Copy out each line below in which the string "withdrawn" appears.

### LISTED ENTRIES
··········

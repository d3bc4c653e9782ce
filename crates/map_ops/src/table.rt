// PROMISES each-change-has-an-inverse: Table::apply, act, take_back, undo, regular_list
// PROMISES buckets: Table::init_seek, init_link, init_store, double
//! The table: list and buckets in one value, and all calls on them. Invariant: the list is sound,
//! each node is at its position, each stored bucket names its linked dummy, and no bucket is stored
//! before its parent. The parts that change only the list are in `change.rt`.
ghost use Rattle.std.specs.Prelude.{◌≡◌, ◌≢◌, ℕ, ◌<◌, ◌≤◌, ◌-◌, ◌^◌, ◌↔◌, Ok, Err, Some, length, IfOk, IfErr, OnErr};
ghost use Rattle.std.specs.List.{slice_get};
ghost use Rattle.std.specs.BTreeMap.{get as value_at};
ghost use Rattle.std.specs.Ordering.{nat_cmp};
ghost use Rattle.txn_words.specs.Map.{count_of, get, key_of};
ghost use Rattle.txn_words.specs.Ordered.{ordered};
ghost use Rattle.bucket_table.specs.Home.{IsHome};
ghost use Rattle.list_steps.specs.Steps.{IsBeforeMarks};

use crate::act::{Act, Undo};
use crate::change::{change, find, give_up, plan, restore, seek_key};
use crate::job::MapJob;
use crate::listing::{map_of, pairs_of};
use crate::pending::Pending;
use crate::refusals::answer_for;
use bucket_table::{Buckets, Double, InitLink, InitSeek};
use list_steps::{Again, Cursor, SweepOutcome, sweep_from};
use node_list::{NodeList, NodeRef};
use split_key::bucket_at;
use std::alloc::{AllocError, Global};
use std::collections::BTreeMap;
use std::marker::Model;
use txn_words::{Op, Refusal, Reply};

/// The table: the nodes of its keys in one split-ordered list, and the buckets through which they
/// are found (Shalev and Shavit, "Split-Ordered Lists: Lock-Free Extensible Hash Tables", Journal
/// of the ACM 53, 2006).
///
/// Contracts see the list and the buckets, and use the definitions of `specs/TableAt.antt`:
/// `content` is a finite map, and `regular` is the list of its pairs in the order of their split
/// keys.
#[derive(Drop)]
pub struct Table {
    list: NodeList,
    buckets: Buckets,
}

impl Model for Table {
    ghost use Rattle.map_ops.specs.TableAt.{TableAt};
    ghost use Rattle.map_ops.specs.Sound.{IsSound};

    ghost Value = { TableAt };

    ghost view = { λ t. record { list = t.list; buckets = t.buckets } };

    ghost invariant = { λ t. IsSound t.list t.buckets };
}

··········

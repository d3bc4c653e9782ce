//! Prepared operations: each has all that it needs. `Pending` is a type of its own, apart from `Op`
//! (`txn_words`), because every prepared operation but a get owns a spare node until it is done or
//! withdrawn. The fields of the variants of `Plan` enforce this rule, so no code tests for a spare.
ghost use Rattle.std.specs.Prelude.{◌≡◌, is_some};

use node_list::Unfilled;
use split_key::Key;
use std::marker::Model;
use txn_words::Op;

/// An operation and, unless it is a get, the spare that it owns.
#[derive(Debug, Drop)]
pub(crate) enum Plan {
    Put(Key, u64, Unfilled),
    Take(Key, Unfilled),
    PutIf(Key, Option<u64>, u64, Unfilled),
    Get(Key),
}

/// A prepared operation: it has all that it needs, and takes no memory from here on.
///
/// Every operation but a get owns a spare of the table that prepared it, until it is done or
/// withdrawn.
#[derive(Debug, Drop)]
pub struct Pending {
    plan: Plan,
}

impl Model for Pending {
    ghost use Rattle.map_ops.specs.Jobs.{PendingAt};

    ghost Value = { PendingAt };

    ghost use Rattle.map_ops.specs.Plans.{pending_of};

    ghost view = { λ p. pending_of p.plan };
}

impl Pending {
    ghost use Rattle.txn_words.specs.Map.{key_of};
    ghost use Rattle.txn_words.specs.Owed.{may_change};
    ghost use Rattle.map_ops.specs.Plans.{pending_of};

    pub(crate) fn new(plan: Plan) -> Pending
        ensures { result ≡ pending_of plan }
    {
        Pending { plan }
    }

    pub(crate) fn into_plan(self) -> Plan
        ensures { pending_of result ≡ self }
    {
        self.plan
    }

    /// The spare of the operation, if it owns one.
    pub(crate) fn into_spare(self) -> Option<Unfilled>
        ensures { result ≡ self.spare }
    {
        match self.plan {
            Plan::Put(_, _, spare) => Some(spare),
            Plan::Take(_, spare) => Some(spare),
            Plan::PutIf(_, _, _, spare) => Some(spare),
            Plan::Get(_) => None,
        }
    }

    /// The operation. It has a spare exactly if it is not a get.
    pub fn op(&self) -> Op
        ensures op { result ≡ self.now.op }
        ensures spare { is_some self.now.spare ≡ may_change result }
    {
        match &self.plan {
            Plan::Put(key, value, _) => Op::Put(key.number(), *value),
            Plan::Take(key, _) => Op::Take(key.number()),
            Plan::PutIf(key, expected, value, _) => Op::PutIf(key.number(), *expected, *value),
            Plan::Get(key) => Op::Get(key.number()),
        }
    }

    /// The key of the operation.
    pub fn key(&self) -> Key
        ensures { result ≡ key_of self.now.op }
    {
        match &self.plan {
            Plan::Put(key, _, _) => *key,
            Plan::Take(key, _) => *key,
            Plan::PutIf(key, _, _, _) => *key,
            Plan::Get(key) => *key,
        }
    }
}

··········

### EXERCISE ANSWER
//! withdrawn. The fields of the variants of `Plan` enforce this rule, so no code tests for a spare.
/// withdrawn.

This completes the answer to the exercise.